Assigned task = Among the lines below, tally those that hold "steps". Return the number and nothing more.

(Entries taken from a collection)
+ + + +

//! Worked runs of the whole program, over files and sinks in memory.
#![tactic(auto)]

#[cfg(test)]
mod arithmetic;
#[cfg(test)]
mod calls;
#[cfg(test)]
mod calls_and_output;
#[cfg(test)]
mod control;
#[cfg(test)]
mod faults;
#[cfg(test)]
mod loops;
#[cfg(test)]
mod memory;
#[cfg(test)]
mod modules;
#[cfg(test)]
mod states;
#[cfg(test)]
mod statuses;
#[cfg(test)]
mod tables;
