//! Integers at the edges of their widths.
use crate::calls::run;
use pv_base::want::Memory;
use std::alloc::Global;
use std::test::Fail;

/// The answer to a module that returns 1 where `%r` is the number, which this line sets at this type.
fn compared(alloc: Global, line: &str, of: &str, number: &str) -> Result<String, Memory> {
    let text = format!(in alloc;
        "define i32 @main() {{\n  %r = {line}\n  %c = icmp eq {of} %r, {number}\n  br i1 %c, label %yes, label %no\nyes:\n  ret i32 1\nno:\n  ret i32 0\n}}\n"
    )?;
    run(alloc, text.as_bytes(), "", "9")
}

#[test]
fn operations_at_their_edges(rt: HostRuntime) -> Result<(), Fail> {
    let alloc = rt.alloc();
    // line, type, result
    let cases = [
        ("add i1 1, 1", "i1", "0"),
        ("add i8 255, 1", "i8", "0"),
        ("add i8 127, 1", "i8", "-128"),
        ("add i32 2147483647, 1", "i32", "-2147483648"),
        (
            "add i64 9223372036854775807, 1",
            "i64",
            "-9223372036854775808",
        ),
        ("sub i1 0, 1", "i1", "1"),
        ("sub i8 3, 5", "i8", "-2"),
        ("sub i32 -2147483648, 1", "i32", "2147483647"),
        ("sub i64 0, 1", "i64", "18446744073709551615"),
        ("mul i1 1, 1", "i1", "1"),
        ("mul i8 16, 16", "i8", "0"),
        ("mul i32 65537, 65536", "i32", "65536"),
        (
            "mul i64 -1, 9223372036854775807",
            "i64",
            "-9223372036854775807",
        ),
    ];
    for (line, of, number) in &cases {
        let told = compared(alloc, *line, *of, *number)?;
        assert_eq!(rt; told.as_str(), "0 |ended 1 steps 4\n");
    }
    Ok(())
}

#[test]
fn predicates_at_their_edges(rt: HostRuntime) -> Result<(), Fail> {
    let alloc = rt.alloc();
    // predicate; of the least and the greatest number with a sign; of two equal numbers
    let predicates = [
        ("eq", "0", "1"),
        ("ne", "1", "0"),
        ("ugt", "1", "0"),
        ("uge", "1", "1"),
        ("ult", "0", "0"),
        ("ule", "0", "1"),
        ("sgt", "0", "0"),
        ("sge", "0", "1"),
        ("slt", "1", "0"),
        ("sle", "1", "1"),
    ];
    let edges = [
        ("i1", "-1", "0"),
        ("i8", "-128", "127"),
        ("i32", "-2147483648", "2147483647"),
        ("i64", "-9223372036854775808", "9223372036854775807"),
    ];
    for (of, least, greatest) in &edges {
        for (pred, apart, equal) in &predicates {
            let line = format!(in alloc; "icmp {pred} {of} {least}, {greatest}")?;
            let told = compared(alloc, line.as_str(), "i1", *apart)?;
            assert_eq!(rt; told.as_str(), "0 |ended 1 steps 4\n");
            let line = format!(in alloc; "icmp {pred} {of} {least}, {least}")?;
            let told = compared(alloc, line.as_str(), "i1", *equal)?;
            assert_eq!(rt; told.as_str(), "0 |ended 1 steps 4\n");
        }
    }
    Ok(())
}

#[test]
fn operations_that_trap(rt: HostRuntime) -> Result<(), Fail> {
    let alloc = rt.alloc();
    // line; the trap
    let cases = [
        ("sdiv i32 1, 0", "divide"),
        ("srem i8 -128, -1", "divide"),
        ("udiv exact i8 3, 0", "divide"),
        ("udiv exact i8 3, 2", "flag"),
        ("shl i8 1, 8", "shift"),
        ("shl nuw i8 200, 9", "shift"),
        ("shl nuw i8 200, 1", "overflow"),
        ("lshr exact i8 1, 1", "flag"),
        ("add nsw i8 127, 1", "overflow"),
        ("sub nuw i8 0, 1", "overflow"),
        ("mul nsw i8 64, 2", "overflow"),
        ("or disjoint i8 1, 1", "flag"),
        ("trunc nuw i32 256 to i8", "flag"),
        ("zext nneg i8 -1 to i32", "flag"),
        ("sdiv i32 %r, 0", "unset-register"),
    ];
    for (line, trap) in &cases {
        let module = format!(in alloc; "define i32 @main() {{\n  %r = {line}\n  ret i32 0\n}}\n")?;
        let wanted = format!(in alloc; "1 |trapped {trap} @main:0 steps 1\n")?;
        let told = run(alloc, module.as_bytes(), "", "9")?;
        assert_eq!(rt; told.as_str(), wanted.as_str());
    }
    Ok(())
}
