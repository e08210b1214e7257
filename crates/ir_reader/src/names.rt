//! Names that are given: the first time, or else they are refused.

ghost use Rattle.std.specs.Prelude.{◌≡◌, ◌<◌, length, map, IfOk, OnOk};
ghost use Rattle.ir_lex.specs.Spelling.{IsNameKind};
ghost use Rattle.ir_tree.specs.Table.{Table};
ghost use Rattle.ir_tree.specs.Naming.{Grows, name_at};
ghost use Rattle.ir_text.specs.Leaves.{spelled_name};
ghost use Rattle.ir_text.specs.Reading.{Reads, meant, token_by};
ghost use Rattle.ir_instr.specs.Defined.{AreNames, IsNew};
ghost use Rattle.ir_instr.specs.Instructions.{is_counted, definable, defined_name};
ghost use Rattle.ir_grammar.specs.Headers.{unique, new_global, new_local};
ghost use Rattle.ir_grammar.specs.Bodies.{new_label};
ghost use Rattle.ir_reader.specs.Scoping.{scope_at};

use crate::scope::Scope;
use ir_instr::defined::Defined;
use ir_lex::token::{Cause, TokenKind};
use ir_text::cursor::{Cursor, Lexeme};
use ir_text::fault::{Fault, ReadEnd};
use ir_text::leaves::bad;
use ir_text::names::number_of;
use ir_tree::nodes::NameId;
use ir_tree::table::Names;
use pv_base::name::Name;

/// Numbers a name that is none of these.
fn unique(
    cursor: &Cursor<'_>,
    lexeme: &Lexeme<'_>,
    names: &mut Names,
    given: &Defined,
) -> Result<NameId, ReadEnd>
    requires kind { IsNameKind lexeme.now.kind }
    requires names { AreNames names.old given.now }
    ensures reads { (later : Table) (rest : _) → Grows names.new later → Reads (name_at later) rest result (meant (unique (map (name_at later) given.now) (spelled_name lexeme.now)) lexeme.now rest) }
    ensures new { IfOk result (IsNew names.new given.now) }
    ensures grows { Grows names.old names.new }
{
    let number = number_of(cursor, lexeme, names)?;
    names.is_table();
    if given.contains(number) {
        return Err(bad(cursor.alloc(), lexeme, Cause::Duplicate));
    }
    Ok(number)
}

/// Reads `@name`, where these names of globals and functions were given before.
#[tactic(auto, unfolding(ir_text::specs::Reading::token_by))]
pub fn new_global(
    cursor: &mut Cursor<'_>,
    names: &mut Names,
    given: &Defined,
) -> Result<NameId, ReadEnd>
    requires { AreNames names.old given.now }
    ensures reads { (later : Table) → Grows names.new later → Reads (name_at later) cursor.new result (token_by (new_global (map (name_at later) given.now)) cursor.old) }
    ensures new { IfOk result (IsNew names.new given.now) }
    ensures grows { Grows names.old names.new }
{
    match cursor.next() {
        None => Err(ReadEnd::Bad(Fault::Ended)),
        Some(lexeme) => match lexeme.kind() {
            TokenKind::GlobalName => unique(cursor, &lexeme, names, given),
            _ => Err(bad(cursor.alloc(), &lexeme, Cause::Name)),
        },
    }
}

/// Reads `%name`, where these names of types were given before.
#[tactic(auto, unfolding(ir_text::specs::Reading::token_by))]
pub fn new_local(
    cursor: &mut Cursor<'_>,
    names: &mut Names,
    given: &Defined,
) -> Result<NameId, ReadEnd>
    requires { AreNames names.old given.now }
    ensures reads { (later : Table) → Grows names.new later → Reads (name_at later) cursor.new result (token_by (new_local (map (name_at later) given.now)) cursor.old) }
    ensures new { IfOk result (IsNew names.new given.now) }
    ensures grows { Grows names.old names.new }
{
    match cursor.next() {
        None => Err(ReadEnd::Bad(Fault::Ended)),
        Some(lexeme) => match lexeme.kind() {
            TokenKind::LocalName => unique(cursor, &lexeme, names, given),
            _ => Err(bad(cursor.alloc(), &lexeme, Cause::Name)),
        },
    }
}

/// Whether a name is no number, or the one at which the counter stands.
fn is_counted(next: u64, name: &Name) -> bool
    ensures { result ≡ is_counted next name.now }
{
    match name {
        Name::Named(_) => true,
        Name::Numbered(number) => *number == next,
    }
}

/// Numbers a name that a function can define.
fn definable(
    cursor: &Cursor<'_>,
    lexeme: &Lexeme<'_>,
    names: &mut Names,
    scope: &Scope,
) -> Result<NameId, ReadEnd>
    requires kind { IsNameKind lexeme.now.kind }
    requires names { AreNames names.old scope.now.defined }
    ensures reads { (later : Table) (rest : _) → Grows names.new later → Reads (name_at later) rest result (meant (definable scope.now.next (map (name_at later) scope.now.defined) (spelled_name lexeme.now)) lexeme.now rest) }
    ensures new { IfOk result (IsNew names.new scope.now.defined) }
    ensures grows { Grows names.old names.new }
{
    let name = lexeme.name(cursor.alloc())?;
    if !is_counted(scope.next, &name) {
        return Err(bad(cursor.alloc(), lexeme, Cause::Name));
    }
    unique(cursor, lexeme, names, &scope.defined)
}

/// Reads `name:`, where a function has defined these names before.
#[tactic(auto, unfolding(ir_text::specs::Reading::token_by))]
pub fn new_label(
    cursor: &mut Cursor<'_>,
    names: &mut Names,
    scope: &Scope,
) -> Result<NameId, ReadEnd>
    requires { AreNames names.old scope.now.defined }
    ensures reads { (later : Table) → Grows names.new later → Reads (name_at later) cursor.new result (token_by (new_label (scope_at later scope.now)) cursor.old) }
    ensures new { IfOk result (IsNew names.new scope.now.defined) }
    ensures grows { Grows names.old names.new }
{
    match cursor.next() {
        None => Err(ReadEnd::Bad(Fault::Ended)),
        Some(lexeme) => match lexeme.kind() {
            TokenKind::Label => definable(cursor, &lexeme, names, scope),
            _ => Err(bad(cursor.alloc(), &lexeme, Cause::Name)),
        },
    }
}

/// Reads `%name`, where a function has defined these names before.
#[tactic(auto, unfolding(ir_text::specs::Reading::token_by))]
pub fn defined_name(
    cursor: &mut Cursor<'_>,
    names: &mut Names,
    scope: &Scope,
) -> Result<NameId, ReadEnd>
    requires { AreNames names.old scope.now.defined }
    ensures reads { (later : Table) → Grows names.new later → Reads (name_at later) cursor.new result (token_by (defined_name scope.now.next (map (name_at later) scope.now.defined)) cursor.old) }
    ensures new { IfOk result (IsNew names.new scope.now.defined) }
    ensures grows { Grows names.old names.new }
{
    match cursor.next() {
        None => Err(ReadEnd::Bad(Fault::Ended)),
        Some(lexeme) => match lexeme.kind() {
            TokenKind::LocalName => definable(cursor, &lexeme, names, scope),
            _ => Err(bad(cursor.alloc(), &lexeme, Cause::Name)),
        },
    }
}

+ + + +

Solution to this problem = 4